Mental health researchers tell us that rates of clinical depression in the United States have been steadily increasing.  One estimate from the Centers for Disease Control is that about 9 in 100 Americans carry that diagnosis, with 3 percent suffering from chronic depression.

What’s going on?

Anyone asking the question must be humble when proposing causes. Among other factors, our reporting is probably better than it has ever been. But it is obvious that the effects are especially stark among the young: a cause for some national soul-searching. To be sure, suicide is a rare consequence of depression. But it is the third most common cause of death in people aged 15 to 25. At some point in our lives most of us have been touched by concerns about the distress and safety of a young relative or family friend.

Every case is different. But it is probably fair to assume that teens lack the ballast of experience to ride out rough patches, which may include broken relationships, family tensions, and low self-esteem brought on by—among other things—the sometimes corrosive comparisons of self with others encouraged by social media.
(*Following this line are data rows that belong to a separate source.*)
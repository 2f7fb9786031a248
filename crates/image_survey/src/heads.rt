// The heads of an image, and the geometry that they tell.
ghost use Rattle.std.specs.Prelude.{◌≡◌, ◌+◌, ◌-◌, ◌*◌, ◌<◌, ℕ, List, length, MatchOption};
ghost use Rattle.record_model.specs.Records.{slot_at};
ghost use Rattle.image_survey.specs.Heads.{heads_in, has_head, heads_of, Suits, IsSuiting, IsOfTurn, IsTried, IsGuess, IsGuessBefore};

use crate::looks::look_at;
use crate::totals::one_if;
use flash_model::Geometry;
use record_slots::{Head, NOT_KILLED, is_upright};

// The sizes of a sector are multiples of it.
const SECTOR_STEP: u64 = 256;

// The number behind that of the last slots that are tried: those of 16 sectors.
const LAST_TURN: u64 = 17 * SECTOR_STEP;

/// A geometry, and how many heads of records stand where its slots begin.
#[derive(Clone, Copy, Debug)]
pub struct Guess {
    pub geometry: Geometry,
    pub heads: u32,
}

/// The geometry that an image seems to have, by its length and its heads: that in which most heads stand, and of equals the one
/// with fewest sectors in a slot, and then with the smallest. An image can't tell how a slot is divided.
pub fn best_guess(image: &[u8]) -> Option<Guess>
    ensures { IsGuess image.now result }
{
    let mut best = None;
    for turn in 0..LAST_TURN {
        best = better(image, best, turn);
    }
    best
}

// The best of those before a turn, or that of the turn where it has more heads.
fn better(image: &[u8], best: Option<Guess>, turn: u64) -> Option<Guess>
    requires so_far { IsGuessBefore image.now turn best }
    requires turn { turn < 17 * 256 }
    ensures { IsGuessBefore image.now (turn + 1) result }
{
    match tried(image, turn) {
        Some(found) => better_of(best, found),
        None => best,
    }
}

// The one with more heads, the earlier one of equals.
fn better_of(best: Option<Guess>, found: Guess) -> Option<Guess>
    ensures { (image : List ℕ) (turn : ℕ) → IsGuessBefore image turn best → IsOfTurn image turn found
        → IsGuessBefore image (turn + 1) result }
{
    if found.heads > heads_of(&best) {
        Some(found)
    } else {
        best
    }
}

fn heads_of(best: &Option<Guess>) -> u32
    ensures { result ≡ heads_of best.now }
{
    match best {
        Some(best) => best.heads,
        None => 0,
    }
}

// The geometry of a turn, where it is one of the image's length, and its heads.
fn tried(image: &[u8], turn: u64) -> Option<Guess>
    requires { turn < 17 * 256 }
    ensures { IsTried image.now turn result }
{
    let sector = turn % SECTOR_STEP * SECTOR_STEP;
    let per_slot = turn / SECTOR_STEP;
    let geometry = suiting(image.len() as u64, sector, per_slot)?;
    let heads = count_heads(image, &geometry);
    Some(Guess { geometry, heads })
}

// The geometry of slots of this form that has so many bytes.
fn suiting(len: u64, sector: u64, per_slot: u64) -> Option<Geometry>
    requires sector { sector < 65536 }
    requires per_slot { per_slot < 17 }
    ensures { MatchOption result (¬ Suits len sector per_slot) (IsSuiting len sector per_slot) }
{
    let slot_size = sector * per_slot;
    if slot_size == 0 {
        return None;
    }
    let Ok(geometry) = Geometry::new(sector, per_slot, len / slot_size) else {
        return None;
    };
    if geometry.size() == len {
        Some(geometry)
    } else {
        None
    }
}

/// How many slots of an image have the head of a record's first slot.
pub fn count_heads(image: &[u8], geometry: &Geometry) -> u32
    requires sized { length image.now ≡ geometry.now.slot_size * geometry.now.slots }
    ensures { result ≡ heads_in geometry.now.slot_size geometry.now.slots image.now }
{
    let mut heads = 0;
    for slot in 0..geometry.slots as u32 {
        let found = one_if(has_head(image, geometry, slot));
        heads += found;
    }
    heads
}

// Whether a slot has the head of a record's first slot, and its tail mark, be it killed or not.
fn has_head(image: &[u8], geometry: &Geometry, slot: u32) -> bool
    requires sized { length image.now ≡ geometry.now.slot_size * geometry.now.slots }
    requires slot { slot < geometry.now.slots }
    ensures { result ≡ has_head (geometry.now.slot_size - 64) geometry.now.slots
        (slot_at geometry.now.slot_size image.now slot) }
{
    let look = look_at(image, geometry, slot);
    let head = Head {
        kill: NOT_KILLED,
        ..look.head
    };
    is_upright(&head, look.tail, geometry)
}
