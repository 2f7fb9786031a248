// The record of an identifier.
ghost use Rattle.std.specs.Prelude.{◌≡◌, ℕ, ◌<◌, List, length, None, MatchOption, IfSome};
ghost use Rattle.std.specs.FinMap.{get};
ghost use Rattle.record_model.specs.Records.{stored_in};
ghost use Rattle.image_survey.specs.Shown.{AreShown, IsFirstOf};

use crate::{SlotKind, SlotView};
use flash_model::Geometry;

/// The first slot of the record that a boot finds under an identifier.
pub fn find(views: &[SlotView], geometry: &Geometry, id: u64) -> Option<u32>
    requires all { length views.now ≡ geometry.now.slots }
    ensures found { (image : List ℕ) → AreShown geometry.now.slot_size geometry.now.slots image views.now
        → MatchOption result (get (stored_in geometry.now.slot_size geometry.now.slots image) id ≡ None)
        (λ slot. IsFirstOf geometry.now.slot_size geometry.now.slots image slot id) }
    ensures within { IfSome result (λ slot. slot < geometry.now.slots) }
{
    for slot in 0..geometry.slots as u32 {
        let view = &views[slot as usize];
        if view.kind == SlotKind::First && view.look.head.id == id {
            return Some(slot);
        }
    }
    None
}
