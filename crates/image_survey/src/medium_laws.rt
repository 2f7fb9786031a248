// Laws on a format: the functions do nothing, and their clauses are the laws.
ghost use Rattle.std.specs.Prelude.{◌≡◌, ℕ, List, length, take, slice_get, Some};
ghost use Rattle.base_model.specs.Bytes.{SameOutside};
ghost use Rattle.flash_model.specs.declared.geometry.Geometry.{Geometry};
ghost use Rattle.image_survey.specs.declared.format.FormatChange.{FormatChange};
ghost use Rattle.image_survey.specs.Headers.{IsMedium, medium_size};
ghost use Rattle.image_survey.specs.Formats.{format_changes, after, new_medium, LeftByFormat};

/// All changes of a format leave a medium of its geometry, whatever was there before: its flash is erased.
pub fn a_format_makes_a_medium()
    ensures made { (geometry : Geometry) (before : List ℕ) → length before ≡ medium_size geometry
        → after (format_changes geometry) before ≡ new_medium geometry }
    ensures medium { (geometry : Geometry) → IsMedium geometry (new_medium geometry) }
{}

/// Power lost in a change of a format, whatever bytes it leaves in the range of the change, leaves no medium; but in the first change the
/// medium that was there may be left, and from the erase of the first sector on one whose flash is erased.
pub fn a_cut_format_leaves_no_medium()
    ensures { (geometry : Geometry) (before left : List ℕ) (step : ℕ) (change : FormatChange)
        → length before ≡ medium_size geometry → slice_get (format_changes geometry) step ≡ Some change
        → SameOutside change.at change.len (after (take step (format_changes geometry)) before) left
        → LeftByFormat geometry before step left }
{}
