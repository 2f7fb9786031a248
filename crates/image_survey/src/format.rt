// The changes of a format.
ghost use Rattle.std.specs.Prelude.{◌≡◌, ◌*◌, ◌≤◌, ◌^◌, slice_get, Option, Some, None, MatchOption};
ghost use Rattle.image_survey.specs.Formats.{format_changes, marks, erases, puts_header, content_bytes, flash_sectors};

use crate::header::{ENDED, ENDED_AT, HEADER, WHOLE, WHOLE_AT, header_of};
use flash_model::Geometry;

/// What a change of a format leaves in its range.
#[derive(Clone, Copy, Debug, PartialEq, Eq)]
pub enum Content {
    /// It programs the header.
    Header([u8; 48]),
    /// It programs one byte, a mark.
    Mark([u8; 1]),
    /// It erases a sector: each byte is 0xFF then.
    Erased,
}

/// A change of a format: `len` bytes of the medium from `at` on.
#[derive(Clone, Copy, Debug, PartialEq, Eq)]
pub struct FormatChange {
    pub at: u64,
    pub len: u64,
    pub content: Content,
}

impl FormatChange {
    /// The bytes that it programs, none where it erases.
    pub fn bytes(&self) -> Option<&[u8]>
        ensures { MatchOption result (self.now.content ≡ Content.Erased)
            (λ bytes. bytes.now ≡ content_bytes self.now.len self.now.content) }
    {
        match &self.content {
            Content::Header(bytes) => Some(bytes),
            Content::Mark(byte) => Some(byte),
            Content::Erased => None,
        }
    }
}

/// Change number `step` of a format with this geometry, from 0; none behind the last. Made one after another they leave a medium of the
/// geometry whose flash is erased, whatever was there before.
pub fn format_change(geometry: &Geometry, step: u64) -> Option<FormatChange>
    ensures { result ≡ slice_get (format_changes geometry.now) step }
{
    let sectors = geometry.per_slot() * geometry.slots();
    if step == 0 {
        return Some(marked(ENDED_AT, ENDED));
    }
    if step <= sectors {
        return Some(erased(geometry, step));
    }
    match step - sectors {
        1 => Some(erased(geometry, 0)),
        2 => Some(headed(geometry)),
        3 => Some(marked(WHOLE_AT, WHOLE)),
        _ => None,
    }
}

fn marked(at: u64, byte: u8) -> FormatChange
    ensures { result ≡ marks at byte }
{
    FormatChange {
        at,
        len: 1,
        content: Content::Mark([byte]),
    }
}

fn erased(geometry: &Geometry, number: u64) -> FormatChange
    requires { number ≤ flash_sectors geometry.now }
    ensures { result ≡ erases geometry.now number }
{
    FormatChange {
        at: number * geometry.sector(),
        len: geometry.sector(),
        content: Content::Erased,
    }
}

fn headed(geometry: &Geometry) -> FormatChange
    ensures { result ≡ puts_header geometry.now }
{
    FormatChange {
        at: 0,
        len: HEADER as u64,
        content: Content::Header(header_of(geometry)),
    }
}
It also seems as if there has been a sea change in the amount of mental health talk that is now part of the lives of younger Americans still in the pursuit of an education. For most Americans, the use of  institutional mental health services has come out from under a cloud of secrecy that was common in mid-twentieth century America. Over the last two decades counseling services have proliferated in schools and universities. And there can be no doubt they are helpful.  But with increased emphasis on coping with stress, there is also more discussion of anxiety and clinical depression. First year students in college are now asked to be aware of these issues in the midst of a whirlwind “Welcome Week.” And staff are asked to be more proactive if a student speaks about stress or anxiety. Meanwhile, our media culture is more bold in dwelling on depression episodes, abetted by direct-to-consumer ads for psychoactive drugs that go not just to patients, but sometimes to their friends. Consider as well that just a few years ago no mainstream provider of television content would have touched a series like 13 Reasons Why (2017), Netflix’s fictional account a of a teen’s descent into suicide. The effect is a culture that has normalized teen angst into something more ubiquitous.

It also seems evident that students living on a campus are rarely ‘on their own’ and out of contact in the ways their parents once were. For some, frequent text or phone contact with home keeps family problems in play at a time when, for prior generations, being away at school offered a kind of refuge.
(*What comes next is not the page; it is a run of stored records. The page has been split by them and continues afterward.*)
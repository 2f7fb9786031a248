// What each slot of an image is.
ghost use Rattle.std.specs.Prelude.{◌≡◌, ◌-◌, ◌*◌, ◌<◌, ◌==◌, length, IfOk};
ghost use Rattle.std.specs.List.{list_all};
ghost use Rattle.std.specs.Str.{bytes_eq};
ghost use Rattle.record_model.specs.Records.{slot_at, entry_of, is_first};
ghost use Rattle.image_survey.specs.Kinds.{is_erased};
ghost use Rattle.record_slots.specs.Looks.{AreSeen, AreMarked};
ghost use Rattle.image_survey.specs.Shown.{IsShown, AreShown};

use crate::firsts::first_slots;
use crate::further::is_taken;
use crate::kinds::kind_of;
use crate::looks::{look_at_slots, place_of};
use crate::{Look, SlotKind};
use flash_model::Geometry;
use record_slots::is_upright;
use std::alloc::{AllocError, Global};

const ERASED: u8 = 0xFF;

/// What a slot is, with its head and its tail mark.
#[derive(Clone, Copy, Debug, PartialEq, Eq)]
pub struct SlotView {
    pub kind: SlotKind,
    pub look: Look,
}

/// What each slot of an image is, in the order of the slots.
pub fn survey_slots(
    alloc: Global,
    image: &[u8],
    geometry: &Geometry,
) -> Result<Vec<SlotView>, AllocError>
    requires sized { length image.now ≡ geometry.now.slot_size * geometry.now.slots }
    ensures all { IfOk result (λ views. length views.items ≡ geometry.now.slots) }
    ensures shown { IfOk result (λ views. AreShown geometry.now.slot_size geometry.now.slots image.now views.items) }
{
    let looks = look_at_slots(alloc, image, geometry)?;
    let firsts = first_slots(alloc, &looks, geometry)?;
    view_slots(alloc, image, geometry, &looks, &firsts)
}

// The same, by the looks at the slots and the marks of the first ones.
fn view_slots(
    alloc: Global,
    image: &[u8],
    geometry: &Geometry,
    looks: &[Look],
    firsts: &[bool],
) -> Result<Vec<SlotView>, AllocError>
    requires sized { length image.now ≡ geometry.now.slot_size * geometry.now.slots }
    requires looked { length looks.now ≡ geometry.now.slots }
    requires judged { length firsts.now ≡ geometry.now.slots }
    requires seen { AreSeen (slot_at geometry.now.slot_size image.now) geometry.now.slots looks.now }
    requires marked { AreMarked geometry.now.slots (is_first (entry_of (geometry.now.slot_size - 64) geometry.now.slots
        (slot_at geometry.now.slot_size image.now)) geometry.now.slots) firsts.now }
    ensures all { IfOk result (λ views. length views.items ≡ geometry.now.slots) }
    ensures shown { IfOk result (λ views. AreShown geometry.now.slot_size geometry.now.slots image.now views.items) }
{
    let mut views = Vec::with_capacity(alloc, geometry.slots() as usize)?;
    for slot in 0..geometry.slots as u32 {
        views.push(view(image, geometry, looks, firsts, slot))?;
    }
    Ok(views)
}

// What a slot is, by what was found of all slots.
fn view(image: &[u8], geometry: &Geometry, looks: &[Look], firsts: &[bool], slot: u32) -> SlotView
    requires sized { length image.now ≡ geometry.now.slot_size * geometry.now.slots }
    requires slot { slot < geometry.now.slots }
    requires looked { length looks.now ≡ geometry.now.slots }
    requires judged { length firsts.now ≡ geometry.now.slots }
    requires seen { AreSeen (slot_at geometry.now.slot_size image.now) geometry.now.slots looks.now }
    requires marked { AreMarked geometry.now.slots (is_first (entry_of (geometry.now.slot_size - 64) geometry.now.slots
        (slot_at geometry.now.slot_size image.now)) geometry.now.slots) firsts.now }
    ensures { IsShown geometry.now.slot_size geometry.now.slots image.now slot result }
{
    let look = looks[slot as usize];
    let kind = kind_of(
        firsts[slot as usize],
        is_upright(&look.head, look.tail, geometry),
        is_taken(looks, firsts, geometry, slot),
        is_erased(image, geometry, slot),
        &look,
    );
    SlotView { kind, look }
}

// Whether each byte of a slot is 0xFF.
#[tactic(auto, unfolding(crate::specs::Kinds::is_erased, base_model::specs::Bytes::part))]
fn is_erased(image: &[u8], geometry: &Geometry, slot: u32) -> bool
    requires sized { length image.now ≡ geometry.now.slot_size * geometry.now.slots }
    requires slot { slot < geometry.now.slots }
    ensures { result ≡ is_erased geometry.now.slot_size image.now slot }
{
    let place = place_of(geometry, slot);
    let size = geometry.slot_size() as usize;
    are_erased(&image[place..place + size])
}

// Whether each byte is 0xFF: the first is, and each other is as the one before it. So many are compared at once.
fn are_erased(bytes: &[u8]) -> bool
    ensures { result ≡ list_all (λ byte. byte == 0xFF) bytes.now }
{
    let Some((first, rest)) = bytes.split_first() else {
        return true;
    };
    *first == ERASED && are_equal(rest, &bytes[..rest.len()])
}

fn are_equal(one: &[u8], other: &[u8]) -> bool
    ensures { result ≡ bytes_eq one.now other.now }
{
    one == other
}
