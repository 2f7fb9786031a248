// Sums of words of 32 bits.
ghost use Rattle.std.specs.Prelude.{◌≡◌, ◌*◌, ◌%◌, ◌^◌, ◌≤◌, length};
ghost use Rattle.image_survey.specs.Checksums.{word_sum};

use apei_bytes::get_u32;

/// What the first words of 32 bits add to, modulo 2^32.
pub fn word_sum(bytes: &[u8], words: usize) -> u32
    requires { 4 * words ≤ length bytes.now }
    ensures { result ≡ word_sum words bytes.now % 2 ^ 32 }
{
    let mut sum: u32 = 0;
    for word in 0..words {
        sum = sum.wrapping_add(get_u32(bytes, 4 * word));
    }
    sum
}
Add in some linguistic determinism, and you have a perfect storm. It’s an old truism in linguistic and rhetorical theory that we see what we can name. This idea means that the name comes prior to perception. Building on this view, the monsoon described here may be abetted by the widespread use of a lexicon of depression terms. With its emergence out from under its former stigma, perhaps we have inadvertently over-represented its existence.* This kind of ‘clinicalization’ of our mental lives has now gone on for years, with frequent talk about others in terms of what were once understood as formal diagnostic categories.  We now talk casually about someone’s “anxiety,” “attention deficits” or “paranoia,” mixing subjective judgments with classification categories found in the bible of mental illness diagnoses, the DSM.
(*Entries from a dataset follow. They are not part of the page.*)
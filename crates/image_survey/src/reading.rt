// The bytes of a record.
ghost use Rattle.std.specs.Prelude.{◌≡◌, ℕ, ◌-◌, ◌*◌, ◌<◌, ◌++◌, length, take, IfOk, IfSome, OnOk, MatchOption, true};
ghost use Rattle.record_model.specs.Records.{slot_at, is_upright, parts_of, part_len};
ghost use Rattle.record_slots.specs.Slots.{numbers_of};
ghost use Rattle.image_survey.specs.Kinds.{kind_at};
ghost use Rattle.image_survey.specs.Reading.{slot_of_part, IsRecordOf};
ghost use Rattle.image_survey.specs.Shown.{AreShown};

use crate::looks::place_of;
use crate::{SlotKind, SlotView};
use flash_model::Geometry;
use record_slots::{Head, part_len, parts_of};
use std::alloc::{AllocError, Global};

// Where a record's bytes begin in a slot.
const BODY_AT: usize = 32;

/// The bytes of the record whose first slot a slot is; none where it is no first slot.
pub fn record_at(
    alloc: Global,
    image: &[u8],
    geometry: &Geometry,
    views: &[SlotView],
    slot: u32,
) -> Result<Option<Vec<u8>>, AllocError>
    requires sized { length image.now ≡ geometry.now.slot_size * geometry.now.slots }
    requires all { length views.now ≡ geometry.now.slots }
    requires shown { AreShown geometry.now.slot_size geometry.now.slots image.now views.now }
    requires slot { slot < geometry.now.slots }
    ensures bytes { IfOk result (λ found. MatchOption found (kind_at geometry.now.slot_size geometry.now.slots
        image.now slot ≡ SlotKind.First → ⊥) (λ bytes. IsRecordOf geometry.now.slot_size geometry.now.slots image.now
        slot bytes.items)) }
    ensures first { IfOk result (λ found. IfSome found (λ _. kind_at geometry.now.slot_size geometry.now.slots
        image.now slot ≡ SlotKind.First)) }
{
    let view = &views[slot as usize];
    if view.kind != SlotKind::First {
        return Ok(None);
    }
    let bytes = record_bytes(alloc, image, geometry, slot, &view.look.head)?;
    Ok(Some(bytes))
}

// The bytes of the record whose first slot this is.
fn record_bytes(
    alloc: Global,
    image: &[u8],
    geometry: &Geometry,
    slot: u32,
    head: &Head,
) -> Result<Vec<u8>, AllocError>
    requires sized { length image.now ≡ geometry.now.slot_size * geometry.now.slots }
    requires slot { slot < geometry.now.slots }
    requires head { numbers_of head.now ≡ (slot_at geometry.now.slot_size image.now slot).head }
    requires first { kind_at geometry.now.slot_size geometry.now.slots image.now slot ≡ SlotKind.First }
    ensures { IfOk result (λ bytes. IsRecordOf geometry.now.slot_size geometry.now.slots image.now slot bytes.items) }
{
    let mut bytes = Vec::with_capacity(alloc, head.len as usize)?;
    for number in 0..parts_of(geometry, head.len) {
        add_part(&mut bytes, image, geometry, slot, head, number)?;
    }
    Ok(bytes)
}

// Adds the bytes of one more part.
fn add_part(
    bytes: &mut Vec<u8>,
    image: &[u8],
    geometry: &Geometry,
    slot: u32,
    head: &Head,
    number: u32,
) -> Result<(), AllocError>
    requires sized { length image.now ≡ geometry.now.slot_size * geometry.now.slots }
    requires slot { slot < geometry.now.slots }
    requires number { number < parts_of (geometry.now.slot_size - 64) head.now.len }
    requires up { (tail : ℕ) × (is_upright (geometry.now.slot_size - 64) geometry.now.slots (numbers_of head.now) tail
        ≡ true) }
    ensures { OnOk result (bytes.new.items
        ≡ bytes.old.items ++ take (part_len (geometry.now.slot_size - 64) head.now.len number)
        (slot_at geometry.now.slot_size image.now (slot_of_part slot (numbers_of head.now) number)).body) }
{
    let part = part_slot(geometry, slot, head, number);
    let start = place_of(geometry, part) + BODY_AT;
    let len = part_len(geometry, head.len, number) as usize;
    bytes.extend_from_slice(&image[start..start + len])?;
    Ok(())
}

// The slot of a part.
fn part_slot(geometry: &Geometry, slot: u32, head: &Head, number: u32) -> u32
    requires slot { slot < geometry.now.slots }
    requires number { number < parts_of (geometry.now.slot_size - 64) head.now.len }
    requires up { (tail : ℕ) × (is_upright (geometry.now.slot_size - 64) geometry.now.slots (numbers_of head.now) tail
        ≡ true) }
    ensures part { result ≡ slot_of_part slot (numbers_of head.now) number }
    ensures within { result < geometry.now.slots }
{
    if number == 0 {
        slot
    } else {
        u32::from(head.next[number as usize - 1])
    }
}
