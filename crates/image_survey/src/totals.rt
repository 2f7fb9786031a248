// What all slots of an image are together.
ghost use Rattle.std.specs.Prelude.{◌≡◌, ◌^◌, ◌<◌, ◌≤◌, ℕ, List, length};
ghost use Rattle.record_model.specs.Records.{one_if};
ghost use Rattle.image_survey.specs.Shown.{AreShown};
ghost use Rattle.image_survey.specs.Counts.{AreTotals, bytes_of};

use crate::{SlotKind, SlotView};
use flash_model::Geometry;

/// How many slots an image has in which no record stands that a boot finds, how many such records, how many second copies,
/// and how many bytes the records have together.
#[derive(Clone, Copy, Debug, PartialEq, Eq)]
pub struct Totals {
    pub free: u32,
    pub records: u32,
    pub second_copies: u32,
    pub bytes: u64,
}

/// The totals of all slots.
pub fn count_slots(views: &[SlotView], geometry: &Geometry) -> Totals
    requires all { length views.now ≡ geometry.now.slots }
    ensures { (image : List ℕ) → AreShown geometry.now.slot_size geometry.now.slots image views.now
        → AreTotals geometry.now.slot_size geometry.now.slots image result }
{
    let mut free = 0;
    let mut records = 0;
    let mut second_copies = 0;
    let mut bytes = 0;
    for slot in 0..geometry.slots as u32 {
        let view = &views[slot as usize];
        let is_free = one_if(view.kind.is_free());
        let is_record = one_if(view.kind.is_record());
        let is_copy = one_if(view.kind.is_second_copy());
        free += is_free;
        records += is_record;
        second_copies += is_copy;
        bytes += bytes_of(view);
    }
    Totals {
        free,
        records,
        second_copies,
        bytes,
    }
}

/// One for what passes a test.
pub fn one_if(is: bool) -> u32
    ensures value { result ≡ one_if is }
    ensures few { result ≤ 1 }
{
    u32::from(is)
}

// The bytes of the record whose first slot this is.
fn bytes_of(view: &SlotView) -> u64
    ensures value { result ≡ bytes_of view.now.kind view.now.look.head.len }
    ensures few { result < 2 ^ 32 }
{
    if view.kind == SlotKind::First {
        u64::from(view.look.head.len)
    } else {
        0
    }
}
Merging of these labels into our everyday rhetoric has done its part to put what were once considered passing states of mind front and center.  Sometimes that can be good. But it also follows that such language gets formalized through diagnosis and treatment. Once a person self-identifies as a “victim” of a labeled condition, that awareness can lay the groundwork for recovery, or become a self-protective justification that delays it.

______________________

*I take a less extreme view than psychiatrist Thomas Szasz, who has written extensively about what he sees as the “Myth of Mental Illness.” (Harper Perennial, 2010). But I give Szasz credit for understanding the power of clinical labels to shape expectations.